No dia 16 de novembro, a empresa anunciou que a vacina tem eficácia de 94,5%. Este resultado foi baseado em 95 casos de Covid-19 em um universo de 30 mil voluntários.

Nesta segunda-feira (30), a Moderna divulgou a análise primária a partir de 196 casos confirmados da doença, dos quais 185 foram no grupo placebo e 11 nos participantes que receberam o imunizante. A eficácia anunciada foi de 94,1%.

O imunizante também se mostrou 100% eficaz em auxiliar os casos graves da doença, já que os únicos 30 casos identificados de Covid-19 severos ocorreram todos no grupo placebo.

Dos 196 casos identificados, 33 (16,8%) foram em indivíduos com mais de 65 anos, e 42 (21,4%) representavam alguma minoria racial (incluindo 29 hispânicos ou latinos, seis negros ou afro-americanos, quatro asiáticos e três multirraciais). Em todo o estudo, 37% dos 30 mil voluntários eram representantes de algum grupo étnico-racial minoritário.

Até o momento, a empresa diz que não houve nenhum evento adverso grave. Os principais efeitos colaterais reportados dor e vermelhidão no local da injeção, fadiga, mialgia (dor no corpo), e dores de cabeça.

A diretora-executiva da Moderna, Stéphane Barcel, afirmou acreditar "que a vacina irá fornecer uma nova e potente ferramenta que pode mudar o curso da pandemia e ajudar a prevenir quadro severo, hospitalização e mortes".

"Os resultados da análise primária positivos confirmam a capacidade da vacina mRNA-1273 em prevenir a doença da Covid-19 com 94,1% de eficácia e, importante, a capacidade de prevenir a doença grave”, disse.
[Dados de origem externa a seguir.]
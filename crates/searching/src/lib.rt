//! Search by a filter, over the entries of an area of flash. It keeps nothing between its steps.
//!
//! Every function here is proved, and none has a `requires`: any area, run, filter and place is
//! answered. A search changes no word.
#![tactic(auto)]

ghost use Rattle.searching.specs.Searching.{Searches};

use area::Run;
use rules::{Area, Yielded};

pub mod object; // object.rt: a search as an object

// The place of the next entry behind a place, 0 being the beginning, that is live and whose handle
// agrees with the pattern in the bits of the mask. Refused are a wrong geometry, a damaged or
// unready area, a place that is neither 0 nor that of an entry's header, and a search without a
// further match.
pub fn search(flash: &[u32], area: Area, mask: u16, pattern: u16, place: usize) -> Yielded
    ensures { Searches area mask pattern place flash.now result }
{
    let _ready = survey::survey(flash, area, 0, 0)?;
    let run = Run { words: flash, area };
    entries::step(run, u32::from(mask), u32::from(pattern), place)
}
"Eu quero agradecer aos milhares de participantes em nossos estudos de fase 1, 2 e 3, assim como todos os profissionais de saúde nos centros de estudo que estiveram na linha de frente na luta contra o vírus. Agradeço também ao NIH [Instituto Nacional da Saúde], Niaid [Instituto Nacional de Alergias e Doenças Infecciosas], Barda [Agência de Pesquisa e Desenvolvimento Avançados em Biomedicina] e a Operação Warp Speed [do governo norte-americano para acelerar o desenvolvimento de vacinas contra a Covid-19] pela ajuda no avanço do desenvolvimento clínico da mRNA-1273, além dos funcionários da Moderna e nossos parceiros e fornecedores pelo trabalho incessante de pesquisa, desenvolvimento e produção da vacina”, completou.

Autorização na Europa

A Moderna também deve solicitar autorização para venda condicional à EMA (agência regulatória europeia). Este pedido é equivalente a um de aprovação emergencial na agência norte-americana.

Além da autorização para a Europa e Estados Unidos, a empresa também deve enviar documentação para outros órgãos regulatórios em todos os países com intenções de compras e fazer um pedido de uso emergencial à Organização Mundial da Saúde (OMS).

De acordo com a empresa, a expectativa é que, até o final de 2020, 20 milhões de doses estejam disponíveis para imunização de norte-americanos. Em 2021, a capacidade de produção será na ordem de 500 milhões a 1 bilhão de doses para distribuição global. O governo norte-americano já realizou a compra das primeiras 100 milhões de doses, antes prometidas ainda para 2020.